SP-GiST stands for space-partitioned GiST. Its strong suit is when indexing data that can be divided into non-intersecting clusters. Cities are an example of something that can be organized into non-intersecting groups since cities cannot belong to 2 countries or 2 regions.

So getting more technical again, this type of index is suitable for quadtrees (made possible by using point type columns), k-dimensional trees (made possible by using point type columns), and radix trees (made possible by using text type columns). The last one would fit well into our cities example if cities were described using the following format: COUNTRY/REGION/CITY.

Since I don’t fully understand this index myself, I’ll just leave an example SQL for its creation and then refer to 2 extensive articles in which you can get very familiar with this access method:

CREATE INDEX index_name ON table_name USING SPGIST (column_name);

And the articles:

BRIN

BRIN stands for Block Range Index. BRIN indexes are perfect when the indexed column value maps closely to its actual position in the table. It organizes data in blocks and registers the minimum and the maximum value contained in that block. With that information, PostgreSQL can efficiently scan only the data it actually needs to.

Columns that will only increase in value (ids or timestamps) are good candidates for BRIN indexes. Another appealing attribute is that BRIN occupies significantly less space than B-Tree indexes since it stores just the minimum and maximum values per range.
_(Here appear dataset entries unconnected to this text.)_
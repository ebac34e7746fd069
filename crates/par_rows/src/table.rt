use crate::row::Row;
use crate::schema::{Column, Schema};
use par_laws::{Keep, Memory, Shown};
use std::alloc::Global;
use std::collections::LinkedList;

/// Columns with rows of them.
#[derive(Debug, Drop)]
pub struct Table {
    pub schema: Schema,
    pub rows: Vec<Row>,
}

/// Seen as the list of its columns and the list of its rows.
impl Shown for Table {
    type Value = (LinkedList<Column>, LinkedList<Row>);

    ghost shown = { λ t. (t.schema.columns.items, t.rows.items) };
}

impl Keep for Table {
    fn copy(&self, alloc: Global) -> Result<Table, Memory> {
        let schema = self.schema.copy(alloc)?;
        let mut rows = Vec::with_capacity(alloc, self.rows.len())?;
        for row in self.rows.as_slice() {
            rows.push(row.copy(alloc)?)?;
        }
        Ok(Table { schema, rows })
    }
}
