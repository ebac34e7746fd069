//! Values, rows, schemas and tables.
//!
//! A `Value` is a number or a text, and a `Row` the list of its values; contracts see both as plain data, so that two
//! rows with the same values are equal in a contract wherever they lie. Values and rows have an order and a hash, and
//! serve as keys. A `Table` is a schema with rows.
#![tactic(auto)]

mod row;
mod schema;
mod table;
mod value;

pub use row::{Row, Values};
pub use schema::{Column, ColumnKind, Schema};
pub use table::Table;
pub use value::Value;
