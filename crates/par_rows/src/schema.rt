use par_laws::{Keep, Memory, Shown, Words};
use std::alloc::Global;
use std::collections::LinkedList;

/// What a column holds.
#[derive(Clone, Copy, Debug, PartialEq, Eq)]
pub enum ColumnKind {
    Int,
    Text,
}

/// A column: its name and what it holds.
#[derive(Debug, Drop)]
pub struct Column {
    pub name: Words,
    pub kind: ColumnKind,
}

/// The columns of a table, in order.
#[derive(Debug, Drop)]
pub struct Schema {
    pub columns: Vec<Column>,
}

impl Shown for ColumnKind {
    type Value = ColumnKind;

    ghost shown = { λ x. x };
}

impl Shown for Column {
    type Value = Column;

    ghost shown = { λ x. x };
}

/// Seen as the list of its columns.
impl Shown for Schema {
    type Value = LinkedList<Column>;

    ghost shown = { λ s. s.columns.items };
}

/// Takes no memory.
impl Keep for ColumnKind {
    fn copy(&self, _alloc: Global) -> Result<ColumnKind, Memory> {
        Ok(*self)
    }
}

impl Keep for Column {
    fn copy(&self, alloc: Global) -> Result<Column, Memory> {
        Ok(Column {
            name: self.name.copy(alloc)?,
            kind: self.kind,
        })
    }
}

impl Keep for Schema {
    fn copy(&self, alloc: Global) -> Result<Schema, Memory> {
        let mut columns = Vec::with_capacity(alloc, self.columns.len())?;
        for column in self.columns.as_slice() {
            columns.push(column.copy(alloc)?)?;
        }
        Ok(Schema { columns })
    }
}
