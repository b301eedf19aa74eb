//! Slots with a field of the Front's record out of its range, and in it.

use crate::samples::{FIRST, FIRST_FILE, VERSION_ONE, empty_disk, put};
use cdc_dumper::{Dumper, OpenFault};
use cdc_outside::DiskFile;
use std::alloc::Global;
use std::test::Fail;

// Whether an output with this record in slot B, and two files of 241 bytes, is opened; else the slot has to be named.
fn is_taken(alloc: Global, slot: &[u8]) -> Result<bool, Fail> {
    let mut disk = empty_disk(alloc, 3, 400, 16)?;
    put(&mut disk, DiskFile::SlotB, slot)?;
    put(&mut disk, DiskFile::Log(1), &FIRST_FILE)?;
    put(&mut disk, DiskFile::Log(2), &FIRST_FILE)?;
    match Dumper::open(&mut disk) {
        Ok(_dumper) => Ok(true),
        Err(OpenFault::BadCell(DiskFile::SlotB)) => Ok(false),
        Err(fault) => Err(Fail::from(fault)),
    }
}

// Whether it is, with some bytes of the record changed.
fn is_taken_with(alloc: Global, slot: &[u8], changes: &[(usize, u8)]) -> Result<bool, Fail> {
    let mut bytes = [0u8; 100];
    let length = slot.len().min(100);
    bytes[..length].copy_from_slice(&slot[..length]);
    for (at, value) in changes {
        if *at < length {
            bytes[*at] = *value;
        }
    }
    is_taken(alloc, &bytes[..length])
}

#[test]
fn each_field_out_of_its_range_is_refused(rt: HostRuntime) -> Result<(), Fail> {
    // The slot's number and the payload's length; version, count, file, length, closed; first, passed; class, id's length.
    let rows = [
        (1, 0),
        (1, 2),
        (9, 53),
        (9, 26),
        (17, 0),
        (17, 1),
        (17, 3),
        (18, 0),
        (18, 2),
        (25, 0x40),
        (26, 0),
        (26, 2),
        (33, 1),
        (34, 122),
        (42, 2),
        (42, 255),
        (43, 0),
        (43, 2),
        (50, 1),
        (51, 1),
        (58, 1),
        (67, 1),
        (67, 2),
        (68, 1),
        (68, 3),
        (68, 65),
        (68, 255),
    ];
    for (at, value) in rows {
        let taken = is_taken_with(rt.alloc(), &FIRST, &[(at, value)])?;
        assert!(rt; !taken, "byte {at} as {value}");
    }
    Ok(())
}

#[test]
fn each_field_of_the_first_version_is_refused_too(rt: HostRuntime) -> Result<(), Fail> {
    let rows = [
        (1, 0),
        (1, 2),
        (9, 25),
        (17, 0),
        (17, 2),
        (17, 3),
        (18, 0),
        (18, 2),
        (25, 0x40),
        (26, 0),
        (26, 2),
        (34, 122),
        (42, 2),
    ];
    for (at, value) in rows {
        let taken = is_taken_with(rt.alloc(), &VERSION_ONE, &[(at, value)])?;
        assert!(rt; !taken, "byte {at} as {value}");
    }
    Ok(())
}

#[test]
fn each_field_in_its_range_is_taken(rt: HostRuntime) -> Result<(), Fail> {
    // Length, closed, timestamp, id.
    for (at, value) in [(34, 123), (42, 1), (59, 11), (66, 255), (69, 0)] {
        let taken = is_taken_with(rt.alloc(), &FIRST, &[(at, value)])?;
        assert!(rt; taken, "byte {at} as {value}");
    }
    for (at, value) in [(34, 123), (42, 1)] {
        let taken = is_taken_with(rt.alloc(), &VERSION_ONE, &[(at, value)])?;
        assert!(rt; taken, "byte {at} as {value}");
    }
    Ok(())
}

// Two transactions in two files, of which the second is the first that is kept: number 3, count 2, file 2, first 2, one
// passed.
const TWO_FILES: [(usize, u8); 5] = [(1, 3), (18, 2), (26, 2), (43, 2), (51, 1)];

// Whether that is taken with one more byte changed.
fn two_are_taken_with(alloc: Global, at: usize, value: u8) -> Result<bool, Fail> {
    let mut changes = [(at, value); 6];
    changes[..5].copy_from_slice(&TWO_FILES);
    is_taken_with(alloc, &FIRST, &changes)
}

#[test]
fn dropped_files_are_in_their_range(rt: HostRuntime) -> Result<(), Fail> {
    let rows = [
        (1, 3, true),
        (1, 2, false),
        (26, 1, false),
        (26, 3, false),
        (43, 1, false),
        (51, 0, true),
        (51, 2, false),
    ];
    for (at, value, want) in rows {
        let taken = two_are_taken_with(rt.alloc(), at, value)?;
        assert!(rt; taken == want, "byte {at} as {value}");
    }
    Ok(())
}

#[test]
fn a_count_is_at_most_two_to_the_sixty_second(rt: HostRuntime) -> Result<(), Fail> {
    let most = is_taken_with(
        rt.alloc(),
        &FIRST,
        &[(1, 0), (8, 0x40), (18, 0), (25, 0x40)],
    )?;
    assert!(rt; most);
    let more = is_taken_with(
        rt.alloc(),
        &FIRST,
        &[(1, 1), (8, 0x40), (18, 1), (25, 0x40)],
    )?;
    assert!(rt; !more);
    Ok(())
}

// The record of a local transaction's key, timestamp 5, node 1, entry 2; and that of an id of 64 bytes.
const LOCAL: [u8; 80] = *b"\x01\x01\0\0\0\0\0\0\0\x3f\0\0\0\0\0\0\0\
\x02\x01\0\0\0\0\0\0\0\x01\0\0\0\0\0\0\0\xf1\0\0\0\0\0\0\0\0\x01\0\0\0\0\0\0\0\0\0\0\0\0\0\0\0\
\x05\0\0\0\0\0\0\0\x01\x01\0\0\0\x02\0\0\0\0\0\0\0";

#[test]
fn other_keys_are_taken(rt: HostRuntime) -> Result<(), Fail> {
    let local = is_taken(rt.alloc(), &LOCAL)?;
    assert!(rt; local);
    let mut longest = [0u8; 134];
    longest[..71].copy_from_slice(&FIRST);
    longest[9] = 116;
    longest[68] = 64;
    let long = is_taken(rt.alloc(), &longest[..133])?;
    assert!(rt; long);
    longest[9] = 117;
    longest[68] = 65;
    let too_long = is_taken(rt.alloc(), &longest)?;
    assert!(rt; !too_long);
    Ok(())
}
Creating BRIN indexes is quite straightforward:

CREATE INDEX index_name ON table_name USING BRIN (column_name);

And that’s a wrap!

Oof that was a fun ride, wasn’t it? Since it was also a long one, I’ll leave you with a parting gift: a small TL;DR for this article.

  • BTREE is good for comparison and sorting. It is the default access method for PostgreSQL.
  • HASH is good for equality. Takes less space than BTREE, but should not be used prior to PostgreSQL 10.
  • GIN is good for full-text search. The indexed columns must be of the tsvector type.
  • GIST is good for full-text and geospatial search. The indexed column must be a tsvector or a tsquery. It takes less space than GIN, but it does additional look-ups.
  • SPGIST is good for searching non-intersecting clusters. It is good for quadtrees, k-dimensional trees, and redix trees.
  • BRIN is good for searching sequential data. It occupies less space than BTREE, but it’s less versatile because of it.

As with any subject, there is always more to learn. This article only covers the surface of it.

So if you’d like to dig deeper, here are some valuable resources:

I hope you’ve found this article helpful. Take care!